Fr Thomas Keating says, "every emotion has an accompanying commentary." I'm stuck in the commentary without the emotions, yet I'm well aware that finding safe, supportive, uncritical community is the key to recovering both a life of fuller participation and a life of richer emotions. People heal by telling their stories, but they also heal by doing, by getting involved in life again; you need both/and. When you attend a graduation or ordination, the ordinand or graduate always thanks everyone, always explains they could not have gotten there alone and they didn't get there by themselves. "Stored value" (as in a stored value gift or credit card) from earlier occasions, times and places where I had sufficient human and other support mightily has helped carry me; the current balance is minus zero and I cannot refill it on my own.

* Where am I experiencing God in the interim time?

Partly in remembering what was, in trusting an open future and in observing people around me and (yes!) online, too.
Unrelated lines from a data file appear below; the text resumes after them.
impl Walk {
    /// The walk without frames. `None` comes where the book has no answered call, so that the empty
    /// order is legal.
    pub fn begin(alloc: Global, table: &ToldTable, book: &Book) -> Result<Option<Walk>, NoMemory>
        ensures walk { IfOk result (λ begun. IfSome begun (IsWalk table.now book.now)) }
        ensures none { IfOk result
            (λ begun. IfNone begun (HoldsAnswered book.now (replicate (length book.now) 0))) }
        ensures weight { IfOk result (λ begun. weight_at book.now begun ≤ most_weight book.now) }
    {
        let counts = vec![in alloc; 0; book.callers() as usize]?;
        let Some(first) = least_open(book, &counts) else {
            return Ok(None);
        };
        let waiting = next_callers(book, &counts, first);
        let memo = Memo::new(alloc, counts.len());
        let turns = turns_of(table, book, &counts);
        Ok(Some(Walk {
            frames: Vec::new(alloc),
            counts,
            state: table.init(),
            waiting,
            memo,
            one_open: has_one_open(book),
            turns,
            promises: table.number_of_promises(),
        }))
    }

    /// Sets the turns anew where more was promised.
    pub fn see_promises(&mut self, table: &ToldTable, book: &Book)
        requires walk { IsWalk table.now book.now self.old }
        ensures walk { IsWalk table.now book.now self.new }
        ensures weight { weight book.now self.new ≡ weight book.now self.old }
    {
        let promises = table.number_of_promises();
        if promises == self.promises {
            return;
        }
        self.turns = turns_of(table, book, &self.counts);
        self.promises = promises;
    }

    /// Makes one step: tries the next call of a waiting caller, or goes back where none waits.
    pub fn advance(
        &mut self,
        alloc: Global,
        table: &ToldTable,
        book: &Book,
    ) -> Result<Step, NoMemory>
        requires walk { IsWalk table.now book.now self.old }
        ensures walk { IfOk result (λ _. IsWalk table.now book.now self.new) }
        ensures step { IfOk result (IsRightStep table.now book.now) }
        ensures lighter { IfOk result (λ step. IsLighter book.now self.old step self.new) }
    {
        let Some(caller) = self.pick(table, book) else {
            self.memo.remember(alloc, &self.counts, &[self.state])?;
            return Ok(self.retreat(table, book));
        };
        let number = u64::from(self.counts[caller as usize]);
        let op = book.op(Call { caller, number });
        let Some(transition) = table.get(self.state, op) else {
            return Ok(Step::Asks(self.state, op));
        };
        if self.is_left_out(book, caller, transition) {
            self.waiting = self.waiting.without(caller);
            return Ok(Step::GoesOn);
        }
        self.waiting = self.to_try(table, book, caller, transition);
        let place = Place {
            caller,
            number,
            reply: transition.reply,
        };
        self.enter(alloc, table, book, place, transition.next)
    }

    // A waiting caller whose next call is to be tried: that with the least turn where it is 0, or
    // its step is told; else of those whose steps are told the one with the least turn, where there
    // is one. No clause says which one it is: that only decides how long a search takes.
    fn pick(&self, table: &ToldTable, book: &Book) -> Option<u32>
        requires { IsWalk table.now book.now self.now }
        ensures some { IfSome result (IsMarked self.now.waiting) }
        ensures none { IfNone result ((i : ℕ) → IsMarked self.now.waiting i → ⊥) }
    {
        let first = self.least_turn(book, self.waiting)?;
        if self.turns[first as usize] == 0 || self.is_told(table, book, first) {
            return Some(first);
        }
        let mut left = self.waiting.without(first);
        for _other in 1..book.callers() {
            let Some(caller) = self.least_turn(book, left) else {
                break;
            };
            if self.is_told(table, book, caller) {
                return Some(caller);
            }
            left = left.without(caller);
        }
        Some(first)
    }

    // The one with the least turn among some of the waiting callers.
    fn least_turn(&self, book: &Book, among: MarkedCallers) -> Option<u32>
        requires walk { (table : Table) × IsWalk table book.now self.now }
        requires waiting { IsMarkedWithin among self.now.waiting }
        ensures some { IfSome result (IsMarked among) }
        ensures none { IfNone result ((i : ℕ) → IsMarked among i → ⊥) }
    {
        let mut best = None;
        let mut least = u64::MAX;
        for caller in 0..book.callers() {
            if among.has(caller) {
                let turn = self.turns[caller as usize];
                if best.is_none() || turn < least {
                    best = Some(caller);
                    least = turn;
                }
            }
        }
        best
    }

    // Whether the step of a waiting caller's next call is told.
    fn is_told(&self, table: &ToldTable, book: &Book, caller: u32) -> bool
        requires walk { IsWalk table.now book.now self.now }
        requires waiting { IsMarked self.now.waiting caller }
    {
        let number = u64::from(self.counts[caller as usize]);
        table
            .get(self.state, book.op(Call { caller, number }))
            .is_some()
    }

    // Whether a waiting caller's next call, which makes this transition, needn't be tried.
    fn is_left_out(&self, book: &Book, caller: u32, transition: Transition) -> bool
        requires walk { (table : Table) × IsWalk table book.now self.now }
        requires waiting { IsMarked self.now.waiting caller }
        ensures left_out { IsTrue result → IsLeftOut book.now self.now caller transition }
        ensures recorded { IsFalse result
            → IsRecorded book.now (next_call self.now.counts.items caller) transition.reply }
    {
        let number = u64::from(self.counts[caller as usize]);
        let call = Call { caller, number };
        if !is_recorded(book, call, transition.reply) {
            return true;
        }
        self.one_open && self.is_spared(book, call, transition)
    }

    // The callers that are still to be tried where the next call of a waiting caller makes this
    // transition, with its recorded reply: this caller alone, where its call is promised to change
    // no state, since the call may be taken at once then.
    fn to_try(
        &self,
        table: &ToldTable,
        book: &Book,
        caller: u32,
        transition: Transition,
    ) -> MarkedCallers
        requires walk { IsWalk table.now book.now self.now }
        requires waiting { IsMarked self.now.waiting caller }
        requires told { told_step table.now self.now.state
            (word_of book.now (next_call self.now.counts.items caller)) ≡ Some transition }
        requires recorded { IsRecorded book.now (next_call self.now.counts.items caller)
            transition.reply }
        ensures walk { IsWalk table.now book.now (record self.now { waiting = result }) }
        ensures marked { IsMarked result caller }
        ensures fewer { number_marked result ≤ number_marked self.now.waiting }
    {
        let number = u64::from(self.counts[caller as usize]);
        if self.turns[caller as usize] == 0 && is_promised(table, book, Call { caller, number }) {
            MarkedCallers::only(caller)
        } else {
            self.waiting
        }
    }

    // Whether a next call, which makes this transition, may be spared in a book with one open.
    fn is_spared(&self, book: &Book, call: Call, transition: Transition) -> bool
        requires walk { (table : Table) × IsWalk table book.now self.now }
        requires call { IsCall book.now call }
        ensures { IsTrue result → IsSpared book.now self.now call transition }
    {
        if call.number >= book.answers(call.caller) && transition.next == self.state {
            return true;
        }
        for other in 0..book.callers() {
            if other != call.caller
                && self.waiting.has(other)
                && self.serves(book, other, call, transition.reply)
            {
                return true;
            }
        }
        false
    }

    // Whether the next call of the waiting caller `other` serves for a call, which gets this reply:
    // it has the operation of the call, and it is answered with the reply, and with a view within
    // that of the call where the call is answered; or neither is answered.
    fn serves(&self, book: &Book, other: u32, call: Call, reply: u64) -> bool
        requires wide { length self.now.counts.items ≡ length book.now }
        requires other { IsCall book.now (next_call self.now.counts.items other) }
        requires call { IsCall book.now call }
        ensures { IsTrue result
            → Serves book.now (next_call self.now.counts.items other) call reply }
    {
        let number = u64::from(self.counts[other as usize]);
        let server = Call {
            caller: other,
            number,
        };
        if book.op(server) != book.op(call) {
            return false;
        }
        let answered = call.number < book.answers(call.caller);
        if number >= book.answers(other) {
            return !answered;
        }
        let record = book.record(server);
        record.reply == reply && (!answered || record.view.within(book.view(call)))
    }

    // Puts a place, whose call makes a step to the state `next`, unless that leads to a remembered
    // dead end: then the caller waits no more.
    fn enter(
        &mut self,
        alloc: Global,
        table: &ToldTable,
        book: &Book,
        place: Place,
        next: u64,
    ) -> Result<Step, NoMemory>
        requires walk { IsWalk table.now book.now self.old }
        requires waiting { IsMarked self.old.waiting place.caller }
        requires enters { Enters table.now book.now self.old.counts.items self.old.state place next }
        ensures { IfOk result (λ step. IsWalk table.now book.now self.new
            × IsRightStep table.now book.now step × IsLighter book.now self.old step self.new) }
    {
        let before = self.waiting;
        set_count(&mut self.counts, place.caller, place.number + 1);
        let Some(first) = least_open(book, &self.counts) else {
            let mut order = places(alloc, &self.frames)?;
            order.push(place)?;
            set_count(&mut self.counts, place.caller, place.number);
            return Ok(Step::Found(order));
        };
        if self.memo.remembers(&self.counts, &[next]) {
            set_count(&mut self.counts, place.caller, place.number);
            self.waiting = before.without(place.caller);
            return Ok(Step::GoesOn);
        }
        let waiting = next_callers(book, &self.counts, first);
        self.frames.push(Frame {
            place,
            state: self.state,
            waiting: before,
        })?;
        self.state = next;
        self.waiting = waiting;
        self.turns[place.caller as usize] = turn_of(table, book, &self.counts, place.caller);
        Ok(Step::GoesOn)
    }

    // Goes back by one frame from a dead end; `NoneLeft` comes where the walk has no frame.
    fn retreat(&mut self, table: &ToldTable, book: &Book) -> Step
        requires walk { IsWalk table.now book.now self.old }
        requires none { (i : ℕ) → IsMarked self.old.waiting i → ⊥ }
        ensures { IsWalk table.now book.now self.new × IsRightStep table.now book.now result
            × IsLighter book.now self.old result self.new }
    {
        let Some(frame) = self.frames.pop() else {
            return Step::NoneLeft;
        };
        let Frame {
            place,
            state,
            waiting,
        } = frame;
        set_count(&mut self.counts, place.caller, place.number);
        self.state = state;
        self.waiting = waiting.without(place.caller);
        self.turns[place.caller as usize] = turn_of(table, book, &self.counts, place.caller);
        Step::GoesOn
    }
}
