ghost use Rattle.book_base.specs.SeqSpec.{SeqSpec};

use crate::board::Board;
use crate::claim::Claim;
use crate::round::Round;
use crate::witness::Witness;
use book_base::NoMemory;
use collect_scan::scan;
use enforcer::standing_in;
use frontier_check::{KeptOrder, check_after};
use row_gather::{Gathered, grow_at};
use row_table::{Caller, Rows, Steps};
use search_hints::SearchHints;
use std::alloc::Global;
use std::sync::ledger::Ledger;
use world_core::{Outside, Program, Region};

/// A caller that makes no calls: round by round it judges what the others have published.
///
/// It keeps the book that it gathered last, so that a round peeks only the words that this book
/// lacks. [`Monitor::round_after`], by which a watch makes its rounds, also begins each search
/// after those places of the last order that still stand.
#[derive(Drop)]
pub struct Monitor<P = Outside> {
    caller: Caller<P>,
    gathered: Option<Gathered>,
    claim: Claim,
}

impl<P: Program> Monitor<P> {
    ghost use Rattle.std.specs.Prelude.{◌≡◌, ◌+◌, ◌≤◌, true, false, is_some, None, Some, IfOk, IfSome, IfNone, IsSomeAnd, OnErr};
    ghost use Rattle.std.specs.Option.{MatchOption};
    ghost use Rattle.once_cell.specs.Once.{Agrees};
    ghost use Rattle.world_core.specs.Local.{IsIdle};
    ghost use Rattle.row_table.specs.Callers.{who_of, local_with, stance_of};
    ghost use Rattle.drv_wrapper.specs.Stands.{ready};
    ghost use Rattle.frontier_check.specs.Standing.{IsStandingFor};
    ghost use Rattle.enforcer.specs.Verdicts.{OrderStandsIn};
    ghost use Rattle.monitor.specs.Claims.{KnowsOrLacked, Agree};
    ghost use Rattle.monitor.specs.Monitors.{caller_of, local_of, own_of, placed_by, known_by, kept_by, IsOn, AreOfOne, IsMonitorOf, Becomes, IsLater, HasFound, HasScannedSome, HasGathered, IsKeptAfter, TicksForBook, TicksForRound};

    /// A monitor that has made no round. It takes no memory.
    pub fn new(caller: Caller<P>, board: &Board) -> Monitor<P>
        // The caller is idle.
        requires idle { IsIdle (local_with caller) }
        // The caller makes calls, means to begin no scan, and keeps no reply.
        requires live { stance_of caller ≡ ready }
        // The monitor belongs to all rows that `caller` belongs to.
        ensures monitor { Becomes caller result }
        // The monitor's caller is `caller`.
        ensures caller { caller_of result ≡ caller }
        // The monitor belongs to `board`.
        ensures board { IsOn board.now result }
        // The monitor has no own witness, `placed` is false, and it knows no witness on the board.
        ensures nothing { (own_of result ≡ None) × (placed_by result ≡ false)
            × (known_by result ≡ None) }
    {
        Monitor {
            caller,
            gathered: None,
            claim: Claim::new(board),
        }
    }

    // Makes one scan of M, and grows the kept book to the one at the scan's cut. It answers that
    // book, and what of the kept order in `standing` still stands in it.
    //
    // Afterwards the monitor keeps no book.
    fn look<L: Ledger>(
        &mut self,
        alloc: Global,
        rows: &Rows<P>,
        standing: Option<KeptOrder>,
        steps: &mut Steps<L>,
    ) -> Result<(Gathered, Option<KeptOrder>), NoMemory>
        requires rows { IsMonitorOf P.meaning rows.now self.old }
        ensures rows { IsMonitorOf P.meaning rows.now self.new }
        ensures who { who_of self.new.caller ≡ who_of self.old.caller }
        ensures claim { self.new.claim ≡ self.old.claim }
        ensures none { kept_by self.new ≡ None }
        ensures scanned { HasScannedSome (local_of self.old) (local_of self.new) }
        ensures gathered { IfOk result
            (λ r. HasGathered rows.now.callers (local_of self.old) (local_of self.new) r.0) }
        ensures stands { IfOk result (λ r. (spec : SeqSpec) → OrderStandsIn spec
            (kept_by self.old) standing → IfSome r.1 (IsStandingFor spec r.0.book)) }
        ensures ticks { IfOk result
            (λ r. TicksForBook rows.now.callers (kept_by self.old) r.0 steps.old steps.new) }
        ensures rise { steps.old ≤ steps.new }
    {
        let cut = scan(rows, &mut self.caller, Region::M, steps);
        let kept = self.gathered.take();
        let before = standing_in(rows.callers(), &kept, standing, &cut);
        let found = grow_at(alloc, rows, &mut self.caller, kept, &cut, steps)?;
        Ok((found, before))
    }

    /// Scans M, gathers the book at the scan's cut, and judges it (Castañeda and Rodríguez 2023).
    ///
    /// A book without a legal order becomes the monitor's own witness, and the monitor tries once
    /// to put a copy of it on the board. Where memory for the copy is lacking, the board isn't
    /// tried, and the round is told all the same.
    pub fn round<S: SearchHints, L: Ledger>(
        &mut self,
        alloc: Global,
        object: &S,
        rows: &Rows<P>,
        board: &Board,
        steps: &mut Steps<L>,
    ) -> Result<Round, NoMemory>
        // The monitor's caller belongs to `rows`, is live and idle, and has gathered the kept book.
        requires rows { IsMonitorOf P.meaning rows.now self.old }
        // The monitor belongs to `board`.
        requires board { IsOn board.now self.old }
        // The monitor has no own witness.
        requires none { own_of self.old ≡ None }
        // The monitor still belongs to `rows` and `board`, and its caller's number is unchanged.
        ensures later { IsLater P.meaning rows.now board.now self.old self.new }
        // The monitor's caller has scanned M once.
        ensures scanned { HasScannedSome (local_of self.old) (local_of self.new) }
        // After a legal round the book that was gathered at the cut of the round's scan has a legal
        // order, and the monitor has no own witness. After an illegal round that book has no legal
        // order, and is the monitor's own witness.
        ensures found { IfOk result (HasFound (S.spec object.now) rows.now.callers
            (local_of self.old) (local_of self.new) (own_of self.new)) }
        // A monitor that has an own witness afterwards knows a witness on the board: the one that
        // it knew before, if it knew one. Or memory for a copy of the own witness was lacking, and
        // what the monitor knows of the board is as before.
        ensures known { IfSome (own_of self.new)
            (λ w. KnowsOrLacked (known_by self.old) (known_by self.new)) }
        // `placed` is true afterwards only where the monitor knew no witness before.
        ensures first { placed_by self.new ≡ true → known_by self.old ≡ None }
        // After a legal round the monitor keeps the book at the cut of the round's scan, and after
        // an illegal round it keeps no book.
        ensures kept { IfOk result (λ r. IsKeptAfter rows.now.callers r (kept_by self.new)) }
        // Where the monitor has no own witness afterwards, its knowledge of the board is as before.
        ensures unfound { own_of self.new ≡ None → (known_by self.new ≡ known_by self.old)
            × (placed_by self.new ≡ placed_by self.old) }
        // After want of memory the monitor has no own witness.
        ensures err { OnErr result (own_of self.new ≡ None) }
        // The counter of steps has risen by at most as many words as a scan may take, and by the
        // number of words of the round's book that the kept book, if there is one, lacks. Nothing
        // is said where the kept book's cut isn't within the round's cut.
        ensures ticks { IfOk result
            (TicksForRound rows.now.callers (kept_by self.old) (kept_by self.new)
            (own_of self.new) steps.old steps.new) }
        // The counter of steps is at least what it was before.
        ensures rise { steps.old ≤ steps.new }
    {
        let mut standing = None;
        self.round_after(alloc, object, rows, board, &mut standing, steps)
    }

    /// Makes a round as [`Monitor::round`] does, but its search begins after those places of the
    /// kept order in `standing` that still stand. Afterwards `standing` has the legal order of the
    /// round's book, or nothing where the round was illegal or memory was lacking.
    pub fn round_after<S: SearchHints, L: Ledger>(
        &mut self,
        alloc: Global,
        object: &S,
        rows: &Rows<P>,
        board: &Board,
        standing: &mut Option<KeptOrder>,
        steps: &mut Steps<L>,
    ) -> Result<Round, NoMemory>
        // The monitor's caller belongs to `rows`, is live and idle, and has gathered the kept book.
        requires rows { IsMonitorOf P.meaning rows.now self.old }
        // The monitor belongs to `board`.
        requires board { IsOn board.now self.old }
        // The monitor has no own witness.
        requires none { own_of self.old ≡ None }
        // The kept order in `standing` stands in the book that the monitor keeps, judged by
        // `object`.
        requires stands { OrderStandsIn (S.spec object.now) (kept_by self.old) standing.old }
        // The monitor still belongs to `rows` and `board`, and its caller's number is unchanged.
        ensures later { IsLater P.meaning rows.now board.now self.old self.new }
        // The monitor's caller has scanned M once.
        ensures scanned { HasScannedSome (local_of self.old) (local_of self.new) }
        // After a legal round the book that was gathered at the cut of the round's scan has a legal
        // order, and the monitor has no own witness. After an illegal round that book has no legal
        // order, and is the monitor's own witness.
        ensures found { IfOk result (HasFound (S.spec object.now) rows.now.callers
            (local_of self.old) (local_of self.new) (own_of self.new)) }
        // A monitor that has an own witness afterwards knows a witness on the board: the one that
        // it knew before, if it knew one. Or memory for a copy of the own witness was lacking, and
        // what the monitor knows of the board is as before.
        ensures known { IfSome (own_of self.new)
            (λ w. KnowsOrLacked (known_by self.old) (known_by self.new)) }
        // `placed` is true afterwards only where the monitor knew no witness before.
        ensures first { placed_by self.new ≡ true → known_by self.old ≡ None }
        // After a legal round the monitor keeps the book at the cut of the round's scan, and after
        // an illegal round it keeps no book.
        ensures kept { IfOk result (λ r. IsKeptAfter rows.now.callers r (kept_by self.new)) }
        // The order in `standing` afterwards stands in the book that the monitor keeps then, judged
        // by `object`.
        ensures stands { OrderStandsIn (S.spec object.now) (kept_by self.new) standing.new }
        // Where the monitor has no own witness afterwards, its knowledge of the board is as before.
        ensures unfound { own_of self.new ≡ None → (known_by self.new ≡ known_by self.old)
            × (placed_by self.new ≡ placed_by self.old) }
        // After want of memory the monitor has no own witness.
        ensures err { OnErr result (own_of self.new ≡ None) }
        // The counter of steps has risen by at most as many words as a scan may take, and by the
        // number of words of the round's book that the kept book, if there is one, lacks. Nothing
        // is said where the kept book's cut isn't within the round's cut.
        ensures ticks { IfOk result
            (TicksForRound rows.now.callers (kept_by self.old) (kept_by self.new)
            (own_of self.new) steps.old steps.new) }
        // The counter of steps is at least what it was before.
        ensures rise { steps.old ≤ steps.new }
    {
        let (found, before) = self.look(alloc, rows, standing.take(), steps)?;
        match check_after(alloc, object, &found.book, before)? {
            Some(stands) => {
                let cut = found.cut;
                self.gathered = Some(found);
                *standing = Some(stands);
                Ok(Round::Legal(cut))
            }
            None => {
                let Gathered { book, cut } = found;
                self.claim.keep(alloc, board, Witness { cut, book });
                Ok(Round::Illegal(cut))
            }
        }
    }

    /// The monitor's own witness, where its last round was illegal.
    pub fn own(&self) -> Option<&Witness>
        // The answer is the monitor's own witness, and None where it has none.
        ensures { MatchOption result (own_of self.now ≡ None) (λ r. own_of self.now ≡ Some r.now) }
    {
        self.claim.own()
    }

    /// `true` only where the board took a copy of the monitor's own witness. No clause says that the
    /// answer is `true` wherever the board took one.
    pub fn placed(&self) -> bool
        ensures { result ≡ placed_by self.now }
    {
        self.claim.placed()
    }

    /// The witness on the board, if there is one. The monitor knows it from then on.
    pub fn known<'a>(&mut self, board: &'a Board) -> Option<&'a Witness>
        // The monitor belongs to `board`.
        requires board { IsOn board.now self.old }
        // The monitor still belongs to `board`.
        ensures board { IsOn board.now self.new }
        // The monitor keeps its caller.
        ensures caller { caller_of self.new ≡ caller_of self.old }
        // The monitor's own witness, `placed`, and the book that the monitor keeps stay as they are.
        ensures findings { (own_of self.new ≡ own_of self.old)
            × (placed_by self.new ≡ placed_by self.old) × (kept_by self.new ≡ kept_by self.old) }
        // Where no witness is answered, the monitor knows none, before and after.
        ensures none { IfNone result ((known_by self.old ≡ None) × (known_by self.new ≡ None)) }
        // A witness that is answered is known from then on, and is the one that was known before,
        // where one was.
        ensures some { IfSome result
            (λ r. (known_by self.new ≡ Some r.now) × Agrees (known_by self.old) r.now) }
        // Where `placed` is true, the answer is the own witness.
        ensures placed { placed_by self.old ≡ true
            → IsSomeAnd result (λ r. own_of self.old ≡ Some r.now) }
    {
        self.claim.known(board)
    }

    /// Where both monitors know a witness on their board, they know the same one. It takes no
    /// memory.
    pub fn agree(&mut self, other: &mut Monitor<P>)
        // Both monitors belong to one board.
        requires { AreOfOne self.old other.old }
        // Both monitors stay as they are.
        ensures same { (self.new ≡ self.old) × (other.new ≡ other.old) }
        // Where both monitors know a witness on their board, they know the same one.
        ensures agree { Agree (known_by self.new) (known_by other.new) }
    {
        self.claim.agree(&mut other.claim);
    }

    /// The monitor's caller, with its local as it is.
    pub fn leave(self) -> Caller<P>
        ensures { result ≡ caller_of self }
    {
        let (caller, _, _) = self.into_parts();
        caller
    }

    /// The monitor's caller, its own witness, and `placed`.
    pub(crate) fn into_parts(self) -> (Caller<P>, Option<Witness>, bool)
        ensures parts { (result.0 ≡ caller_of self) × (result.1 ≡ own_of self)
            × (result.2 ≡ placed_by self) }
        ensures found { result.2 ≡ true → is_some result.1 ≡ true }
    {
        let Monitor {
            caller,
            gathered: _,
            claim,
        } = self;
        let (own, placed) = claim.into_parts();
        (caller, own, placed)
    }
}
Participation in weekly Sunday, sometimes weekday Eucharist... attempting to eat reasonably well and sleep well, too.

My life cries out for resurrection!!!


  1. "Holy Saturday is that space between death and resurrection, between loss and recovery, between pain and joy. It's a liminal time, when an ending has happened but a new beginning has yet to take hold."
    Thanks for so beautifully summing up this period of my life, which I won't be sorry to see the end of... I hope things start to look up for you soon, as well.

  2. Thanks for visiting... peace and hope to both of us; peace and hope to the world.


thanks for visiting—peace and joy to all of us!